Look below and pull out each line with the word "start".

EXCERPTED RECORDS
..............................
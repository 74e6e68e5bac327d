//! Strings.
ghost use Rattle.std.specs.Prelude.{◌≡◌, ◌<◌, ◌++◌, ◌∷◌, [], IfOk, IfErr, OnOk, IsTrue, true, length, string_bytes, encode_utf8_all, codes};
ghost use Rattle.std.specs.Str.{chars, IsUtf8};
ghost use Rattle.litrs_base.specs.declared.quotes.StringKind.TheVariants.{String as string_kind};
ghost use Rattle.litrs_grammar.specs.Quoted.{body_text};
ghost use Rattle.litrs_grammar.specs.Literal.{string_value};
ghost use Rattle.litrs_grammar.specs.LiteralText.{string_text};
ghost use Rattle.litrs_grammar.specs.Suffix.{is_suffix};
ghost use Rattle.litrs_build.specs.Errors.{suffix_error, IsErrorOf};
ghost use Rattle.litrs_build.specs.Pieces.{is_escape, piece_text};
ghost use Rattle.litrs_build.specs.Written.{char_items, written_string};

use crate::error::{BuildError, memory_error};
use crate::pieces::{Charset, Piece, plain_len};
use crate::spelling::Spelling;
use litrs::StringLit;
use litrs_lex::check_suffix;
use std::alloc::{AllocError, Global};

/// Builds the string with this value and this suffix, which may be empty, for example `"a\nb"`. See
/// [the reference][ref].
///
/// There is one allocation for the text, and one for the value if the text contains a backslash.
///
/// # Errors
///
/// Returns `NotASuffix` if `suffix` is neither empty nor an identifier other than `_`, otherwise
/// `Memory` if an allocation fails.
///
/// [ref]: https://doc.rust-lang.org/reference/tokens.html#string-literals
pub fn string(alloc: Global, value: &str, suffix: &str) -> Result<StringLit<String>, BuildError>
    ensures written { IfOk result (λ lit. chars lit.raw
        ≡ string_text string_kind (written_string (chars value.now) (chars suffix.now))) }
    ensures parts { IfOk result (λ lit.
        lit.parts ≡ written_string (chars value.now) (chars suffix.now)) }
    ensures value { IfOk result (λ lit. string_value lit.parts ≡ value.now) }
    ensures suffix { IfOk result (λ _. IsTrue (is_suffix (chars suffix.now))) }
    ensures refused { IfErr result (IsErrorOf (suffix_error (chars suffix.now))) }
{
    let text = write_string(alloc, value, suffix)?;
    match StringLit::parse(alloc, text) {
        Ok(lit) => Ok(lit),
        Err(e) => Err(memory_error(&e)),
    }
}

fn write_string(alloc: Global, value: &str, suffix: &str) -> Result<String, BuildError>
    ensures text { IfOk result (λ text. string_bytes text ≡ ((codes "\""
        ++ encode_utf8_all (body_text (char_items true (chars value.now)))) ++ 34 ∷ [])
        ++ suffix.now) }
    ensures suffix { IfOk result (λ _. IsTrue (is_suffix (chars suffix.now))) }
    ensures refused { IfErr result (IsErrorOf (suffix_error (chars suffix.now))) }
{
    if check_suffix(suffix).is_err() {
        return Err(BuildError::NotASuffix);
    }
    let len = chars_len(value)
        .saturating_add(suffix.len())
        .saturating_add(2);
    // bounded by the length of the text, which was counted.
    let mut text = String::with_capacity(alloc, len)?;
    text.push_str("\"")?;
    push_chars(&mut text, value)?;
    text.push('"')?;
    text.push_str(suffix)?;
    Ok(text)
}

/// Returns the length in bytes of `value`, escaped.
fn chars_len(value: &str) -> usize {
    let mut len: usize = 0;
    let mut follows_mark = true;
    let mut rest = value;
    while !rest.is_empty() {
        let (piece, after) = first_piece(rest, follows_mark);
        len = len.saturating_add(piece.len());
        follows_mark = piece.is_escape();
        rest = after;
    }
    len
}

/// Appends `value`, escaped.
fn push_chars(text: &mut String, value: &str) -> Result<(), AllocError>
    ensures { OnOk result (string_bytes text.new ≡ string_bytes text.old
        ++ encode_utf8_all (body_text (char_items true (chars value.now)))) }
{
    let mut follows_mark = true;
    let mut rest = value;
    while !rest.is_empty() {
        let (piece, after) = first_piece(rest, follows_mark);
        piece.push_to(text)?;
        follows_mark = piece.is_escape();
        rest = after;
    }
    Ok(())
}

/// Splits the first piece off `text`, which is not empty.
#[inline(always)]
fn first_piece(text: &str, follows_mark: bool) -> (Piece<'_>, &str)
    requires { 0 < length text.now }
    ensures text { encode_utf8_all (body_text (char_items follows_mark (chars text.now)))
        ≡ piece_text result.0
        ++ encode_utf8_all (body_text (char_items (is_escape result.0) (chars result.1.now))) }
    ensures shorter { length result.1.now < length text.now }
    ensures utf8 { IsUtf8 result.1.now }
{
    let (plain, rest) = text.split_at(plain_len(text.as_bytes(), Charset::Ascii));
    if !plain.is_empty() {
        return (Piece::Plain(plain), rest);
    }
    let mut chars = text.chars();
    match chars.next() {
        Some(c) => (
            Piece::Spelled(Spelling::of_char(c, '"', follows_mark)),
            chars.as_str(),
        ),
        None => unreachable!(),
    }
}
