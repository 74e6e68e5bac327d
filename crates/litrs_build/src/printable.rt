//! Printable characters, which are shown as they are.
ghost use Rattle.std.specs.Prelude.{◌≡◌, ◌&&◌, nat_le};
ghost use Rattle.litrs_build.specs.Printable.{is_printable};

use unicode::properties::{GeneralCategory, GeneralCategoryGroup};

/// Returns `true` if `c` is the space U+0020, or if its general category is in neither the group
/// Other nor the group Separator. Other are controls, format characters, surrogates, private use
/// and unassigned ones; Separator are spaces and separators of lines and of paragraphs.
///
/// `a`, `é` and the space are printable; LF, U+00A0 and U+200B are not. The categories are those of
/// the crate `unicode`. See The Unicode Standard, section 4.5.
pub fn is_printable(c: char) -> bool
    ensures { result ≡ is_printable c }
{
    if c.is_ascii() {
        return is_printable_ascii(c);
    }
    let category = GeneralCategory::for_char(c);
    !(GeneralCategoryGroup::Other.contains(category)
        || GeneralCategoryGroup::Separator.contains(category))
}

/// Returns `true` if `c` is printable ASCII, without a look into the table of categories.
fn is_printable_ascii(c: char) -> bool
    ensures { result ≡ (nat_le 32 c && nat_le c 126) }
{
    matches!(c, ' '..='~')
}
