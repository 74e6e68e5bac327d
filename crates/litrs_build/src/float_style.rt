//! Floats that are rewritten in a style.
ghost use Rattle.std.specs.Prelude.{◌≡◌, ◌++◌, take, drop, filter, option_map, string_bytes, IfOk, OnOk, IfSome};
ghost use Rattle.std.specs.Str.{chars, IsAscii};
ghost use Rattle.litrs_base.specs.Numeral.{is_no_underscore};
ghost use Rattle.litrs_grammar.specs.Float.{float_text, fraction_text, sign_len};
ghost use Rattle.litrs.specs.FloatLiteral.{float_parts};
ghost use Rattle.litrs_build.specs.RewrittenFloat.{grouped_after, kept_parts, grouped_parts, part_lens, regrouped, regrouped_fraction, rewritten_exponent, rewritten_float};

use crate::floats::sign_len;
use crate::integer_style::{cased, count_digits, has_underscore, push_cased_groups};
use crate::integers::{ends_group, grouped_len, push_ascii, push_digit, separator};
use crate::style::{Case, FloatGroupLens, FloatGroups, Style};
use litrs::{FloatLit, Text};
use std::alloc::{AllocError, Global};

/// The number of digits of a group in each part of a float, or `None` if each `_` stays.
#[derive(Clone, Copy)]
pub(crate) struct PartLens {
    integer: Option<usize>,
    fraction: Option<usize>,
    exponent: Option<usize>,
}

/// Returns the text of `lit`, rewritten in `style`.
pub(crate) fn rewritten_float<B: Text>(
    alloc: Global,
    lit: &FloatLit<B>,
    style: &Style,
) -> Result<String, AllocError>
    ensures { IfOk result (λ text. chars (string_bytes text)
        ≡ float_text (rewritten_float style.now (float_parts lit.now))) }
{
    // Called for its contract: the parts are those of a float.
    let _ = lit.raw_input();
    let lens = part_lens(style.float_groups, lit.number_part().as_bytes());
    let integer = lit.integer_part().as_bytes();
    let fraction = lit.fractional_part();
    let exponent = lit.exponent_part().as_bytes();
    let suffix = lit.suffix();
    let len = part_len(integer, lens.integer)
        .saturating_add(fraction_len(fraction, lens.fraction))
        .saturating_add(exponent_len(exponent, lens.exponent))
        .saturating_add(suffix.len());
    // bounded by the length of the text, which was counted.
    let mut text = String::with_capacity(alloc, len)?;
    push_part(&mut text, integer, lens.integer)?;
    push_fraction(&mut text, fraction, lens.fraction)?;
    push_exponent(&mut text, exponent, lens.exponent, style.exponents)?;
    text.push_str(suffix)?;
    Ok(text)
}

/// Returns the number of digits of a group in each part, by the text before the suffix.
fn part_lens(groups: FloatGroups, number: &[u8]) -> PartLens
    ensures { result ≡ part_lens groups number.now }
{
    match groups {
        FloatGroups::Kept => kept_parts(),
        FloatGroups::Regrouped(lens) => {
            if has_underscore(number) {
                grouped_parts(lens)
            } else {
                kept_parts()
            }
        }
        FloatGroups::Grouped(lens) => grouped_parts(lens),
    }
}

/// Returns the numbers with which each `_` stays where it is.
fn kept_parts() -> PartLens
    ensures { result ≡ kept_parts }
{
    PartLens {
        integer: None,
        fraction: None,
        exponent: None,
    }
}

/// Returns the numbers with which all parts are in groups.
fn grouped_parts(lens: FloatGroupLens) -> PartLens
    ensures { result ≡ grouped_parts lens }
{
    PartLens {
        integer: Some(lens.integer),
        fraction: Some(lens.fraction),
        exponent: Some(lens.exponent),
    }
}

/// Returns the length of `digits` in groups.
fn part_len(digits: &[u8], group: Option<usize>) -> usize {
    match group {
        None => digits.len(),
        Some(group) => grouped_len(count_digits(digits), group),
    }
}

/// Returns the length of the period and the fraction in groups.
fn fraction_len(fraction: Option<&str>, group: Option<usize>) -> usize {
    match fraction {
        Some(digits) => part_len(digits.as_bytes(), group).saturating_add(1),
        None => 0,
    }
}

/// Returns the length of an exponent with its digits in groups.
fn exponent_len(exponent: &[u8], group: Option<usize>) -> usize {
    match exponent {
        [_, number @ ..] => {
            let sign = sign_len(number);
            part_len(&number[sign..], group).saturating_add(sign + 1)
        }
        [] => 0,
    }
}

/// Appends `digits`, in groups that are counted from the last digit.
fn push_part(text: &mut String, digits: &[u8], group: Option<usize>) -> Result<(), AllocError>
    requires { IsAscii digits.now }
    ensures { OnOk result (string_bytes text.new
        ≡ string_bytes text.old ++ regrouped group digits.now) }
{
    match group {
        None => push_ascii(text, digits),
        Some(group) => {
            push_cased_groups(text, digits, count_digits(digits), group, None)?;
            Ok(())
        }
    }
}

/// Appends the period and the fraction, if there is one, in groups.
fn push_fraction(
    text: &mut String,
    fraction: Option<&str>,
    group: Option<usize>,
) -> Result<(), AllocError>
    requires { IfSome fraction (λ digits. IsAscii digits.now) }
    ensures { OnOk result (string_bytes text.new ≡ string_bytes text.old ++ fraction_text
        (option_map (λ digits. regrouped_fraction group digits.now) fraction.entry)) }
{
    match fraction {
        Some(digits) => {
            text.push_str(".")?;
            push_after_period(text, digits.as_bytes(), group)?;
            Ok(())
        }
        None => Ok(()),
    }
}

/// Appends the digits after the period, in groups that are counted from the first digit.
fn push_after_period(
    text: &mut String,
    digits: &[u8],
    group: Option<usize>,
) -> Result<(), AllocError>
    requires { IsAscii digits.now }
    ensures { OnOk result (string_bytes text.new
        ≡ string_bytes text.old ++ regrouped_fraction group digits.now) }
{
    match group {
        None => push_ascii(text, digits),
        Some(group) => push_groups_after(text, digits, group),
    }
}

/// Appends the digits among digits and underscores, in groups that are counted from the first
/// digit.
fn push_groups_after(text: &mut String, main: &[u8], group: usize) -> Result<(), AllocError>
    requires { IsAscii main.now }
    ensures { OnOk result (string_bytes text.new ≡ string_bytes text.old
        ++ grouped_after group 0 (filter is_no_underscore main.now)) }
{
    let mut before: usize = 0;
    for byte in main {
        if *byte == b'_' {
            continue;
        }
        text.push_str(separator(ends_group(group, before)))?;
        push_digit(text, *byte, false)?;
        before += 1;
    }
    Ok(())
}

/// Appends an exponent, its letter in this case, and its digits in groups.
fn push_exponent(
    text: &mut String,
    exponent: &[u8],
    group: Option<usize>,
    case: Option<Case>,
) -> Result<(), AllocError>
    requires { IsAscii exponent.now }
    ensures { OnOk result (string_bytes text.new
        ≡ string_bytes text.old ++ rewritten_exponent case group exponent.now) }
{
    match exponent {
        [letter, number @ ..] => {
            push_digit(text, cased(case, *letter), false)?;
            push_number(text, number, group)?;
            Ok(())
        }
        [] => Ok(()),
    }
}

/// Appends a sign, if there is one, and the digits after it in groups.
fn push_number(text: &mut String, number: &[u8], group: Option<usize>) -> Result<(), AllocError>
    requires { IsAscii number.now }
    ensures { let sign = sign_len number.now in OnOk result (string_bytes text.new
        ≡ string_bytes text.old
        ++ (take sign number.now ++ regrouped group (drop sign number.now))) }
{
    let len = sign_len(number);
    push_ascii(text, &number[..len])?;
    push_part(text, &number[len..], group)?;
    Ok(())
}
..............................
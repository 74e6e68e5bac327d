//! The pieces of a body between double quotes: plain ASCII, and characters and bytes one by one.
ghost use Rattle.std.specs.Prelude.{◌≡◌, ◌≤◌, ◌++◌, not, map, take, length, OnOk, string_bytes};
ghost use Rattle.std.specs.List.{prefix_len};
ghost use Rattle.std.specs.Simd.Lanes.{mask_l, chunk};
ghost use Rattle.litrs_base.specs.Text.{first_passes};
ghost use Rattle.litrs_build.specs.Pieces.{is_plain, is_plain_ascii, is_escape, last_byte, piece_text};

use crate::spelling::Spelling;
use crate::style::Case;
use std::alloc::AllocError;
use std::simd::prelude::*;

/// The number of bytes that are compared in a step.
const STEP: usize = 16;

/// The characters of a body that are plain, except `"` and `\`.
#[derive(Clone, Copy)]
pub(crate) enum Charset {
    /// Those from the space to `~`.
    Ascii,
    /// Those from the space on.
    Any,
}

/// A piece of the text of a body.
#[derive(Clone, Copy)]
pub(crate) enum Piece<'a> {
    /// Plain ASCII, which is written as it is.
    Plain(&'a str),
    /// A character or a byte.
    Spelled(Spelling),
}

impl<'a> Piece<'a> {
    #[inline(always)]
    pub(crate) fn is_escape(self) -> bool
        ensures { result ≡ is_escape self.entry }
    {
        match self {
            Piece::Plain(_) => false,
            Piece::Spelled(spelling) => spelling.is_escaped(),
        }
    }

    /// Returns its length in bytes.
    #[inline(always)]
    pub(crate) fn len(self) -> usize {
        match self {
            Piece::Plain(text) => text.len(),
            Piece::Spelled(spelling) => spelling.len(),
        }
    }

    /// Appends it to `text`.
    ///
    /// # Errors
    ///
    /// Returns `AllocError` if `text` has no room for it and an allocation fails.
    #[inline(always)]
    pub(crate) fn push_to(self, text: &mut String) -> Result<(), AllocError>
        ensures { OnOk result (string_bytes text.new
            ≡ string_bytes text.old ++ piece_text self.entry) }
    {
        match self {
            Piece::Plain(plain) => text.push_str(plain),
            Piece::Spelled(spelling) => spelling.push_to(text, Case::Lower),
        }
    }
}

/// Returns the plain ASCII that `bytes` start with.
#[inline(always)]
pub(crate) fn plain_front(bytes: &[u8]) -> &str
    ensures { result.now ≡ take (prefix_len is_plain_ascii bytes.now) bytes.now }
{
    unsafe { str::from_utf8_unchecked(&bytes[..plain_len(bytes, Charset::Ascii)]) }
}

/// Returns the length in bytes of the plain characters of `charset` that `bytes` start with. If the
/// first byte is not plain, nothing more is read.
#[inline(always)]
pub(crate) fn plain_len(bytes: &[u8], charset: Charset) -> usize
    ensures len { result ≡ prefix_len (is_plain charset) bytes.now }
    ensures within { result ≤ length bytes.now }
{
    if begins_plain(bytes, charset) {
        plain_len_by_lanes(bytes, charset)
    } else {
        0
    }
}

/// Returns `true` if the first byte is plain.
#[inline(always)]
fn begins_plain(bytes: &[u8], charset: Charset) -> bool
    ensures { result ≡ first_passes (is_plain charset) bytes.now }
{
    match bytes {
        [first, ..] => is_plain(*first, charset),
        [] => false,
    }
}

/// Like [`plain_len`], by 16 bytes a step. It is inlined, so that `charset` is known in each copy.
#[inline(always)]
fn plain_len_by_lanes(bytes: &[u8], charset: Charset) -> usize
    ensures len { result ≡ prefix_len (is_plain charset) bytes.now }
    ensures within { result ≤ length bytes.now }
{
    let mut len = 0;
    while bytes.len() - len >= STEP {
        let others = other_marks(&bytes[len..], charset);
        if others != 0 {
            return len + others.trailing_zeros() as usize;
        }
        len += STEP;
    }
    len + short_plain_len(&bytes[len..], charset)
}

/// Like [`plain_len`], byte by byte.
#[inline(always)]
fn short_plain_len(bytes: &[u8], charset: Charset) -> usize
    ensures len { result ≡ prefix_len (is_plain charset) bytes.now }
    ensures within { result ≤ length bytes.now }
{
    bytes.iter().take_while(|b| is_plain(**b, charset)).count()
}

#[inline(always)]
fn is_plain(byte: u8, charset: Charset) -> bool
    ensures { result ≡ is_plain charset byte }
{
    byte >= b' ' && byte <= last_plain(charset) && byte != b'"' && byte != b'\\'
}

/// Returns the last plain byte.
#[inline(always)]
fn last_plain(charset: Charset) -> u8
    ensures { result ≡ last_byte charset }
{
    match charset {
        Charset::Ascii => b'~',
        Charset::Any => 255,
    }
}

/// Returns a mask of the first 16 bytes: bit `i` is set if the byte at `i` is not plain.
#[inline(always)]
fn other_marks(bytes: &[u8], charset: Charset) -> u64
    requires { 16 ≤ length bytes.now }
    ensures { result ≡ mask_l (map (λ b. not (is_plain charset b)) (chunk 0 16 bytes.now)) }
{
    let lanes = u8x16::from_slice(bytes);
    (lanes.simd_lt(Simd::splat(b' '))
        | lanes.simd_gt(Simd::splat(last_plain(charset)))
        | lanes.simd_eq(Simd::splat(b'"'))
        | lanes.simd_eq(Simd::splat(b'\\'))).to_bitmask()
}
..............................
EXPECTED ANSWER
/// Returns the plain ASCII that `bytes` start with.
/// Returns the length in bytes of the plain characters of `charset` that `bytes` start with. If the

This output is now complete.